__INFORMATION__
Start of Block

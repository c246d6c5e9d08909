//! What a live node reads in its own configuration that other nodes may have written otherwise.

ghost use Rattle.std.specs.Prelude.{◌≡◌, ◌==◌, [], true, false};
ghost use Rattle.std.specs.List.{list_any};
ghost use Rattle.rh_otp_model.specs.Own.{controls};

use rh_model::{App, Node};
use std::alloc::Global;
use std::marker::Model;

/// A place of an application's list as it is written: a live node tells `{n}` from `n`.
#[derive(Drop)]
pub struct Written {
    is_tuple: bool,
    nodes: Vec<Node>,
}

/// Contracts see a place as its nodes, with whether they stand in a tuple.
impl Model for Written {
    ghost use Rattle.rh_otp_model.specs.Own.{WrittenView};

    ghost Value = { WrittenView };

    ghost view = { λ w. record { is_tuple = w.is_tuple; nodes = w.nodes.items } };
}

impl Written {
    /// These nodes, in a tuple or not.
    pub fn of(is_tuple: bool, nodes: Vec<Node>) -> Written
        ensures { result ≡ record { is_tuple = is_tuple; nodes = nodes.items } }
    {
        Written { is_tuple, nodes }
    }

    /// Does it stand in a tuple?
    pub fn is_tuple(&self) -> bool
        ensures { result ≡ self.now.is_tuple }
    {
        self.is_tuple
    }

    /// Its nodes, in the order in which they are written.
    pub fn nodes(&self) -> &[Node]
        ensures { result.now ≡ self.now.nodes }
    {
        self.nodes.as_slice()
    }
}

/// An application's entry in `distributed`, as the node has it (kernel(6)).
#[derive(Drop)]
pub struct Entry {
    app: App,
    timeout: u64,
    places: Vec<Written>,
}

/// Contracts see an entry as its parts.
impl Model for Entry {
    ghost use Rattle.rh_otp_model.specs.Own.{EntryView};

    ghost Value = { EntryView };

    ghost view = { λ e. record { app = e.app; timeout = e.timeout; places = e.places.items } };
}

impl Entry {
    /// The entry of this application; the timeout is in milliseconds.
    pub fn of(app: App, timeout: u64, places: Vec<Written>) -> Entry
        ensures { result ≡ record { app = app; timeout = timeout; places = places.items } }
    {
        Entry {
            app,
            timeout,
            places,
        }
    }

    /// The application.
    pub fn app(&self) -> App
        ensures { result ≡ self.now.app }
    {
        self.app
    }

    /// How long it stays lost, in milliseconds.
    pub fn timeout(&self) -> u64
        ensures { result ≡ self.now.timeout }
    {
        self.timeout
    }

    /// The places of its list.
    pub fn places(&self) -> &[Written]
        ensures { result.now ≡ self.now.places }
    {
        self.places.as_slice()
    }
}

/// What a node's own file tells it.
#[derive(Drop)]
pub struct Own {
    has_dist: bool,
    entries: Vec<Entry>,
}

/// Contracts see it as its parts.
impl Model for Own {
    ghost use Rattle.rh_otp_model.specs.Own.{OwnView};

    ghost Value = { OwnView };

    ghost view = { λ o. record { has_dist = o.has_dist; entries = o.entries.items } };
}

impl Own {
    /// A node whose `distributed` has these entries.
    pub fn of(entries: Vec<Entry>) -> Own
        ensures { result ≡ record { has_dist = true; entries = entries.items } }
    {
        Own {
            has_dist: true,
            entries,
        }
    }

    /// A node without `distributed`.
    pub fn without(alloc: Global) -> Own
        ensures { result ≡ record { has_dist = false; entries = [] } }
    {
        Own {
            has_dist: false,
            entries: Vec::new(alloc),
        }
    }

    /// Has the node a dist_ac? It has one where its `distributed` is set.
    pub fn has_dist(&self) -> bool
        ensures { result ≡ self.now.has_dist }
    {
        self.has_dist
    }

    /// The entries of its `distributed`, in their order.
    pub fn entries(&self) -> &[Entry]
        ensures { result.now ≡ self.now.entries }
    {
        self.entries.as_slice()
    }

    /// Does the node's dist_ac control the application?
    pub fn controls(&self, app: App) -> bool
        ensures { result ≡ controls self.now app }
    {
        self.has_dist && has_entry(self.entries.as_slice(), app)
    }
}

// Is there an entry of the application?
fn has_entry(entries: &[Entry], app: App) -> bool
    ensures { result ≡ list_any (λ e. e.app.0 == app.0) entries.now }
{
    for entry in entries {
        if entry.app().0 == app.0 {
            return true;
        }
    }
    false
}
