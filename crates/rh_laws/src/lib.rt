//! Laws of whole steps, of reports and of findings, beside the rules: nothing stands on them.
//!
//! Each is a function without a body, whose contract is the law ([`fails_over_in_time`]); its statement stands in `specs/Laws`. They
//! speak of `rh_step` and of what stands below it. Those of single commands are in `rh_step_laws`, those of whole programs in
//! `rh_text_laws` and `rh_story_laws`.
#![tactic(auto)]

mod laws;

pub use laws::{
    comes_up_if_ready, due_within_limits, fails_over_in_time, one_answer, only_the_clock_moves,
    placed_at_best_nodes, report_tells_state, start_all_is_starts, stop_all_is_stops,
};
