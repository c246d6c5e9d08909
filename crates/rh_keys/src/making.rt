//! How a key is made.

ghost use Rattle.std.specs.Prelude.{◌≡◌, ◌≤◌, ◌+◌, ◌*◌, ◌++◌, [], length, take, OnOk, IfOk};
ghost use Rattle.std.specs.List.{flat_map};
ghost use Rattle.rh_model.specs.ClusterView.{node_count, app_count};
ghost use Rattle.rh_state.specs.Numbers.{nodes_of, apps_of};
ghost use Rattle.rh_state.specs.Stored.{read};
ghost use Rattle.rh_trace.specs.Validity.{IsValid};
ghost use Rattle.rh_keys.specs.Keys.{timer_numbers, app_numbers};
ghost use Rattle.rh_keys.specs.Packed.{packed_node, packed_key};
ghost use Rattle.rh_keys.specs.Codes.{code, node_room};

use crate::key::Key;
use crate::parts::{push_timer, put_node, put_standing};
use rh_base::OutOfMemory;
use rh_model::{App, Cluster, Node};
use rh_state::{Edit, State, go_back};
use std::alloc::Global;

/// Makes keys, each in the memory of the one before it.
#[derive(Drop)]
pub struct KeyMaker {
    // The timers that were taken off to be counted in their order.
    taken: Vec<Edit>,
    /// The key that was made last.
    pub key: Key,
}

impl KeyMaker {
    /// A maker that made none yet.
    pub fn new(alloc: Global) -> KeyMaker {
        KeyMaker {
            taken: Vec::new(alloc),
            key: Key::new(alloc),
        }
    }

    /// Makes the key of a state, which is again as it was. Two states of a cluster are alike, as they are read, exactly if their keys
    /// are equal: the clock, the starts of nodes and the start kinds have no part in it, and timers are counted from now.
    #[tactic(auto, unfolding(crate::specs::Packed::packed_key))]
    pub fn make(&mut self, state: &mut State) -> Result<(), OutOfMemory>
        requires { IsValid (read state.old) }
        ensures key { OnOk result (self.new.key.bytes.items ≡ code (packed_key (read state.old))) }
        ensures state { OnOk result (state.new ≡ state.old) }
    {
        let key = &mut self.key.bytes;
        write_parts(key, state)?;
        push_timers(key, state, &mut self.taken)
    }
}

// Writes all that isn't a timer, in place of what was there. There is room for the longest such parts before they are written, so that
// their bytes are written without a question each whether they have any; timers are added behind them.
fn write_parts(key: &mut Vec<u8>, state: &State) -> Result<(), OutOfMemory>
    ensures { OnOk result (key.new.items
        ≡ code (flat_map (packed_node (read state.now)) (nodes_of (read state.now).cluster))
        ++ code (flat_map (app_numbers (read state.now)) (apps_of (read state.now).cluster))) }
{
    key.resize(room_of(state.cluster()), 0)?;
    let nodes = put_nodes(key.as_mut_slice(), state);
    let apps = put_apps(key.as_mut_slice(), nodes, state);
    key.truncate(apps);
    Ok(())
}

// How long they are at most: each application stands in one list of a node, and has a byte as a pair of it.
fn room_of(cluster: &Cluster) -> usize
    ensures { result ≡ node_count cluster.now * node_room cluster.now + 2 * app_count cluster.now }
{
    let nodes = cluster.node_count();
    let apps = cluster.app_count();
    nodes * (2 * apps + 3) + 2 * apps
}

// Writes what is said of each node, and says where that ends.
#[tactic(auto, unfolding(rh_state::specs::Numbers::nodes_of))]
fn put_nodes(cells: &mut [u8], state: &State) -> usize
    requires { node_count (read state.now).cluster * node_room (read state.now).cluster
        ≤ length cells.old }
    ensures length { length cells.new ≡ length cells.old }
    ensures end { result
        ≤ node_count (read state.now).cluster * node_room (read state.now).cluster }
    ensures bytes { take result cells.new
        ≡ code (flat_map (packed_node (read state.now)) (nodes_of (read state.now).cluster)) }
{
    let count = state.cluster().node_count();
    let mut end = 0;
    for number in 0..count {
        end = put_node(cells, end, state, Node(number as u8));
    }
    end
}

// Writes where each application stands, and says where that ends.
#[tactic(auto, unfolding(rh_state::specs::Numbers::apps_of))]
fn put_apps(cells: &mut [u8], at: usize, state: &State) -> usize
    requires { at + 2 * app_count (read state.now).cluster ≤ length cells.old }
    ensures length { length cells.new ≡ length cells.old }
    ensures end { result ≡ at + 2 * app_count (read state.now).cluster }
    ensures bytes { take result cells.new ≡ take at cells.old
        ++ code (flat_map (app_numbers (read state.now)) (apps_of (read state.now).cluster)) }
{
    let count = state.cluster().app_count();
    for number in 0..count {
        put_standing(cells, at + 2 * number, state, App(number as u8));
    }
    at + 2 * count
}

// Adds each timer, with how long it has to go. The first one is taken off the state until none is left, and then all are put back:
// so their order is known without a copy of them.
fn push_timers(
    key: &mut Vec<u8>,
    state: &mut State,
    taken: &mut Vec<Edit>,
) -> Result<(), OutOfMemory>
    requires { IsValid (read state.old) }
    ensures key { OnOk result (key.new.items ≡ key.old.items
        ++ code (flat_map (timer_numbers (read state.old).time) (read state.old).timers)) }
    ensures state { OnOk result (state.new ≡ state.old) }
{
    taken.clear();
    let now = state.now();
    state.formed();
    'timers: while let Some((due, timer)) = state.earliest() {
        push_timer(key, now, (due, timer))?;
        let edit = state.cancel_timer(timer);
        state.formed();
        taken.push(edit)?;
    }
    go_back(taken.as_mut_slice(), state);
    Ok(())
}
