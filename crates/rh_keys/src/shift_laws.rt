//! Laws of the definitions of a step. Each function does nothing: its contract is the law.

ghost use Rattle.rh_keys.specs.ShiftLaws.{AlikeAcceptAlike, NextCommutesWithShifts};

/// Two states that are equal but for the clock, the incarnations and the start kinds, with timers counted from now, go on to
/// states that are, and their steps tell the same.
pub fn next_commutes_with_shifts()
    ensures { NextCommutesWithShifts }
{}

/// Two such states accept the same events, where no limit of starts or of time refuses one.
pub fn alike_accept_alike()
    ensures { AlikeAcceptAlike }
{}
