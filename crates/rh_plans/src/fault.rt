//! Why there is no sweep.

use std::fmt;

/// Why there is no sweep. It is shown as its code and its name.
#[derive(Clone, Copy, Debug, PartialEq, Eq)]
pub enum SweepFault {
    /// A sweep has 1 to 16 workers.
    WorkerCount,
    /// The base has steps that could be made again.
    BaseNotAtEnd,
    /// Some plan has more events than the base's trail has room for.
    TrailRoom,
    /// Memory was refused.
    OutOfMemory,
}

impl fmt::Display for SweepFault {
    ghost use Rattle.std.specs.Prelude.{Some};
    ghost use Rattle.rh_plans.specs.FaultWords.{fault_words};

    ghost output = { λ fault. Some (fault_words fault) };

    fn fmt<W: fmt::Write>(&self, f: &mut fmt::Formatter<W>) -> fmt::Result {
        match self {
            SweepFault::WorkerCount => write!(f, "V1 worker_count"),
            SweepFault::BaseNotAtEnd => write!(f, "V2 base_not_at_end"),
            SweepFault::TrailRoom => write!(f, "V3 trail_room"),
            SweepFault::OutOfMemory => write!(f, "V4 out_of_memory"),
        }
    }
}
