// Refusal 6 for a query: whether a cursor's place is one. Each function is held to the definitions of `graph`.
#![tactic(auto)]

pub mod place;
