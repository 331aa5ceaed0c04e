// The place of a query's cursor, tested level by level: where it is none, next refuses 6 (paper 01, "Next of a
// question").
//
// A test that holds hands on what the levels before the deepest bind, so that a reading that goes on does not bind them
// again. That the words are a query and that the records lie in the table is asked: both were told once, before the first
// test, and what C lends stays a slice.
ghost use Rattle.std.specs.Prelude.{◌≡◌, true, ◌*◌, ◌<◌, ◌≤◌, length};
ghost use Rattle.store.specs.Tables.{statement_words};
ghost use Rattle.graph.specs.Place.{levels_of};
ghost use Rattle.graph.specs.Words.{patterns_of};
ghost use Rattle.pattern.specs.Matching.{PatternOk};
ghost use Rattle.pattern_level.specs.Levels.{QueryOk};
ghost use Rattle.pattern_place.specs.Tested.{LevelTested, LevelsTested, deepest_ok, InsideTested, PlaceTested};

use chain::pick::chain_ok;
use chain::plan::resource_of;
use chain_walk::walk::record_has;
use graph::{Level, MAX_PATTERNS, Progress, QueryCursor, QueryPattern, Solution};
use pattern::binding::{meet, none_bound, under};
use pattern::words::{pattern_at, patterns};
use store::{Counters, Triple};
use table::known;
use table::word::triple_at;

// What is bound from an entered level on, where it is one: a record of the table, a chain that a scan would take,
// resources in 1..=R, a match under the earlier levels.
pub fn level_ok(
    c: Counters,
    statements: &[u32],
    x: QueryPattern,
    bound: Solution,
    l: Level,
) -> Option<Solution>
    requires { PatternOk x × (statement_words * c.statements ≤ length statements.now) }
    ensures { LevelTested c.resources c.statements statements.now x bound l result }
{
    let n = l.statement;
    if n.0 == 0 {
        return None;
    }
    if n.0 > c.statements {
        return None;
    }
    let chain = l.chain;
    if !chain_ok(chain, under(bound, x)) {
        return None;
    }
    let t = triple_at(statements, n);
    if !known(c.resources, t) {
        return None;
    }
    meet(x, t, bound)
}

// What the first d levels bind, where they can have been entered.
pub fn levels_ok(
    c: Counters,
    statements: &[u32],
    words: &[u32],
    levels: [Level; MAX_PATTERNS],
    d: u32,
) -> Option<Solution>
    requires { QueryOk words.now × (d < length (patterns_of words.now))
        × (statement_words * c.statements ≤ length statements.now) }
    ensures { LevelsTested c.resources c.statements statements.now
        (patterns_of words.now) (levels_of levels d) result }
{
    let mut bound = none_bound();
    // The first i levels can have been entered, and `bound` is what they bind.
    for i in 0..d {
        bound = level_ok(
            c,
            statements,
            pattern_at(words, i),
            bound,
            levels[i as usize],
        )?;
    }
    Some(bound)
}

// Whether the deepest level is one, its pattern under the earlier levels being x:
// a number up to T, a chain and a record that a scan would take.
pub fn deepest_ok(c: Counters, statements: &[u32], x: Triple, l: Level) -> bool
    requires { statement_words * c.statements ≤ length statements.now }
    ensures { result ≡ deepest_ok c.statements statements.now x l }
{
    let n = l.statement;
    if n.0 > c.statements {
        return false;
    }
    let chain = l.chain;
    if !chain_ok(chain, x) {
        return false;
    }
    record_has(statements, chain, resource_of(chain, x), n)
}

// What the levels before the deepest bind, where d levels can be where a reading stands; where not, next refuses 6.
pub fn inside_ok(
    c: Counters,
    statements: &[u32],
    words: &[u32],
    levels: [Level; MAX_PATTERNS],
    d: u32,
) -> Option<Solution>
    requires { QueryOk words.now × (statement_words * c.statements ≤ length statements.now) }
    ensures { InsideTested c.resources c.statements statements.now
        (patterns_of words.now) levels d result }
{
    if d == 0 {
        return Some(none_bound());
    }
    if d > patterns(words) {
        return None;
    }
    let top = d - 1;
    let bound = levels_ok(c, statements, words, levels, top)?;
    let x = under(bound, pattern_at(words, top));
    if !deepest_ok(c, statements, x, levels[top as usize]) {
        return None;
    }
    Some(bound)
}

// What the levels of a cursor's place before the deepest bind, where it is one; where not, next refuses 6.
pub fn place_ok(c: Counters, statements: &[u32], words: &[u32], q: QueryCursor) -> Option<Solution>
    requires { QueryOk words.now × (statement_words * c.statements ≤ length statements.now) }
    ensures { PlaceTested c.resources c.statements statements.now
        (patterns_of words.now) q result }
{
    match q.progress {
        Progress::Start | Progress::End => Some(none_bound()),
        Progress::Within => inside_ok(c, statements, words, q.levels, q.depth),
    }
}
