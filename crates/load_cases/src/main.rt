// Edges of the loading program: each file named as an argument goes into a store of its own, with fresh counters over the tables as the
// file before left them. A line `== NAME` stands before each file's output.
#![tactic(auto)]

ghost use Rattle.table.specs.Lent.{SameSlices};

use loader::load::Load;
use std::rt::{Env, Files};
use streams::{Output, Outputs, write_all};
use table::lent::TablesMut;

// Writes the heading of argument i.
fn heading(rt: &(impl Outputs + Env), i: usize) {
    let mut path = [0u8; streams::ARGUMENT];
    let length = streams::argument_or_nothing(rt, i, &mut path);
    write_all(rt, Output::Standard, b"== ");
    write_all(rt, Output::Standard, &path[..length]);
    write_all(rt, Output::Standard, &[b'\n']);
}

// Loads the file that argument i names into a fresh store, and writes its totals.
fn load_case<R: Outputs + Env + Files>(rt: &R, tables: &mut TablesMut, buffer: &mut [u8], i: usize)
    ensures same { SameSlices tables.new tables.old }
{
    heading(rt, i);
    let fresh = Load::new(false);
    let l = loader::file::load_argument(rt, fresh, tables, buffer, i);
    loader::output::totals(rt, l.counters);
}

// Loads every file.
fn load_all<R: Outputs + Env + Files>(rt: &R, tables: &mut TablesMut, buffer: &mut [u8])
    ensures same { SameSlices tables.new tables.old }
{
    let count = streams::argument_count(rt);
    // The arguments before i are loaded, each into a store of its own.
    for i in 1..count {
        load_case(rt, tables, buffer, i);
    }
}

fn main(rt: HostRuntime) {
    let mut resources = [7u32; loader::RESOURCE_TABLE];
    let mut statements = [7u32; loader::STATEMENT_TABLE];
    let mut index = [7u32; loader::INDEX_TABLE];
    let mut text = [7u8; loader::TEXT_TABLE];
    let mut buffer = [7u8; loader::BUFFER];
    let mut tables = TablesMut {
        resources: &mut resources,
        statements: &mut statements,
        index: &mut index,
        text: &mut text,
    };
    load_all(&rt, &mut tables, &mut buffer);
}
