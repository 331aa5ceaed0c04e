// Reads a table of cases from standard input, a line each: a name, a position, and a text in which `\n`, `\r`, `\\` and
// `\xNN` stand for a byte and `\{N}` for N letters a. Reads the text's line at the position, and prints one line a
// case: its number, its name, the answer and the position after.
//
// The input and the expected output are those of `reference.py`, which follows paper 01 and knows nothing of this
// library; the answers that docs/DECISIONS.md gives as examples are written out there by hand.
#![tactic(auto)]

ghost use Rattle.std.specs.Prelude.{◌≤◌, ◌<◌, ◌≡◌, length};

use find_byte::find;
use store::{Refusal, refusal_number};
use streams::{Output, Outputs, print_decimal, write_all};
use term::class::byte_at;

// Room for the table, and for the text of one case.
const ROOM: usize = 8192;

const LINE_ROOM: usize = 600;

// A number, and the position after it.
#[derive(Clone, Copy)]
struct Number {
    value: usize,
    next: usize,
}

// A byte `count` times, and the position in the table after what stands for it.
#[derive(Clone, Copy)]
struct Run {
    byte: u8,
    count: usize,
    next: usize,
}

// How many bytes of a text were laid out, and the position in the table after them.
#[derive(Clone, Copy)]
struct Laid {
    len: usize,
    next: usize,
}

fn print_number(rt: &impl Outputs, n: usize) {
    print_decimal(rt, Output::Standard, n as u64);
}

fn print_span(rt: &impl Outputs, p: ntriples::Span) {
    write_all(rt, Output::Standard, b" ");
    print_number(rt, p.start);
    write_all(rt, Output::Standard, b"..");
    print_number(rt, p.end);
}

// Each program of cases writes its own form of an answer: a crate for it would be longer.
fn print_answer(rt: &impl Outputs, line: ntriples::Line) {
    match line {
        ntriples::Line::End => {
            write_all(rt, Output::Standard, b"end");
        }
        ntriples::Line::Nothing => {
            write_all(rt, Output::Standard, b"nothing");
        }
        ntriples::Line::Triple(s, p, o) => {
            write_all(rt, Output::Standard, b"triple");
            print_span(rt, s);
            print_span(rt, p);
            print_span(rt, o);
        }
        ntriples::Line::Refused(k) => {
            write_all(rt, Output::Standard, b"refused ");
            print_decimal(
                rt,
                Output::Standard,
                refusal_number(Refusal::BadLine) as u64,
            );
            write_all(rt, Output::Standard, b" ");
            print_number(rt, k);
        }
    }
}

// The position after `i`, at most the table's end.
fn past(table: &[u8], i: usize) -> usize
    requires { i ≤ length table.now }
    ensures { (i ≤ result) × (result ≤ length table.now) }
{
    if i < table.len() {
        return i + 1;
    }
    i
}

// The digit that `b` is; a to f are 10 to 15, any other byte is 16. No Option: in a byte's second place the 16 counts on.
fn digit(b: u8) -> usize
    ensures { result ≤ 16 }
{
    match b {
        b'0'..=b'9' => (b - b'0') as usize,
        b'a'..=b'f' => (b - b'a') as usize + 10,
        _ => 16,
    }
}

// The decimal number from `from` on, at most four digits of it.
fn decimal(table: &[u8], from: usize) -> Number
    requires { from ≤ length table.now }
    ensures { (result.value ≤ 9999) × (from ≤ result.next) × (result.next ≤ length table.now) }
{
    let mut value = 0;
    for (i, b) in table[from..].iter().enumerate() {
        let d = digit(*b);
        if d >= 10 || value >= 1000 {
            let next = from + i;
            return Number { value, next };
        }
        value = value * 10 + d;
    }
    let next = table.len();
    Number { value, next }
}

// The byte that two hexadecimal digits from `from` on spell.
fn hexadecimal(table: &[u8], from: usize) -> Run
    requires { from ≤ length table.now }
    ensures { (from ≤ result.next) × (result.next ≤ length table.now) }
{
    let second = past(table, from);
    let next = past(table, second);
    let v = digit(byte_at(table, from)) * 16 + digit(byte_at(table, second));
    if v > 255 {
        return Run {
            byte: 0,
            count: 1,
            next: next,
        };
    }
    Run {
        byte: v as u8,
        count: 1,
        next: next,
    }
}

// The letters a whose number stands from `from` on, with the `}` after it.
fn repeated(table: &[u8], from: usize) -> Run
    requires { from ≤ length table.now }
    ensures { (from ≤ result.next) × (result.next ≤ length table.now) }
{
    let n = decimal(table, from);
    let brace = n.next;
    Run {
        byte: b'a',
        count: n.value,
        next: past(table, brace),
    }
}

// What `\` and the bytes from `from` on stand for.
fn escape(table: &[u8], from: usize) -> Run
    requires { from ≤ length table.now }
    ensures { (from ≤ result.next) × (result.next ≤ length table.now) }
{
    let next = past(table, from);
    match byte_at(table, from) {
        b'n' => Run {
            byte: b'\n',
            count: 1,
            next: next,
        },
        b'r' => Run {
            byte: b'\r',
            count: 1,
            next: next,
        },
        b'x' => hexadecimal(table, next),
        b'{' => repeated(table, next),
        _ => Run {
            byte: b'\\',
            count: 1,
            next: next,
        },
    }
}

// What the bytes from `from` on stand for, up to one byte or one escape.
fn piece(table: &[u8], from: usize) -> Run
    requires { from < length table.now }
    ensures { (from < result.next) × (result.next ≤ length table.now) }
{
    let b = table[from];
    if b == b'\\' {
        return escape(table, from + 1);
    }
    Run {
        byte: b,
        count: 1,
        next: from + 1,
    }
}

// Lays `b` out `count` times from `from` on, as far as there is room; the position after.
fn fill(text: &mut [u8], from: usize, count: usize, b: u8) -> usize
    requires { from ≤ length text.old }
    ensures { (result ≤ length text.new) × (length text.new ≡ length text.old) }
{
    let end = from.saturating_add(count).min(text.len());
    text[from..end].fill(b);
    end
}

// Lays out the text that stands from `from` on up to the LF.
fn lay(table: &[u8], from: usize, text: &mut [u8]) -> Laid
    requires { from ≤ length table.now }
    ensures from_le_next { (from ≤ result.next) × (result.next ≤ length table.now) × (result.len ≤ length text.new) }
    ensures text_len_unchanged { length text.new ≡ length text.old }
{
    // The first `n` bytes of the text are what stands in the table from `from` up to `i`. A while: a piece takes as many bytes of the
    // table as its escape has, so no iterator over them is plainer.
    let mut i = from;
    let mut n = 0;
    while i < table.len() {
        if table[i] == b'\n' {
            return Laid { len: n, next: i };
        }
        let p = piece(table, i);
        n = fill(text, n, p.count, p.byte);
        i = p.next;
    }
    Laid { len: n, next: i }
}

// Prints the line of the case number `n`.
fn report(rt: &impl Outputs, n: usize, name: &[u8], read: ntriples::LineRead) {
    print_number(rt, n);
    write_all(rt, Output::Standard, b" ");
    write_all(rt, Output::Standard, name);
    write_all(rt, Output::Standard, b" ");
    let line = read.line;
    print_answer(rt, line);
    write_all(rt, Output::Standard, b" next ");
    print_number(rt, read.next);
    write_all(rt, Output::Standard, b"\n");
}

// Runs the case number `n`, which begins at `from`; the position after it.
fn case(rt: &impl Outputs, n: usize, table: &[u8], from: usize, text: &mut [u8]) -> usize
    requires { from < length table.now }
    ensures { result ≤ length table.now }
{
    let space = find(table, from, table.len(), b' ');
    let at = decimal(table, past(table, space));
    let blank = at.next;
    let laid = lay(table, past(table, blank), text);
    let end = laid.next;
    let len = laid.len;
    let read = ntriples::read_line(&text[0..len], at.value);
    report(rt, n, &table[from..space], read);
    past(table, end)
}

fn main(rt: HostRuntime) {
    let mut table = [0; ROOM];
    let mut text = [0; LINE_ROOM];
    let got = streams::read_full(&mut rt.stdin(), &mut table);
    // The cases before `i` are run. Each takes a byte or more, so there are no more cases than bytes.
    let mut i = 0;
    for n in 1..got + 1 {
        if i >= got {
            return;
        }
        i = case(&rt, n, &table[..got], i, &mut text);
    }
}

End of Block

__TASK GOAL__
The answer must be every line of the data that holds the word "most".

__SOLUTION BELOW__
// How long they are at most: each application stands in one list of a node, and has a byte as a pair of it.
// The position after `i`, at most the table's end.
// The decimal number from `from` on, at most four digits of it.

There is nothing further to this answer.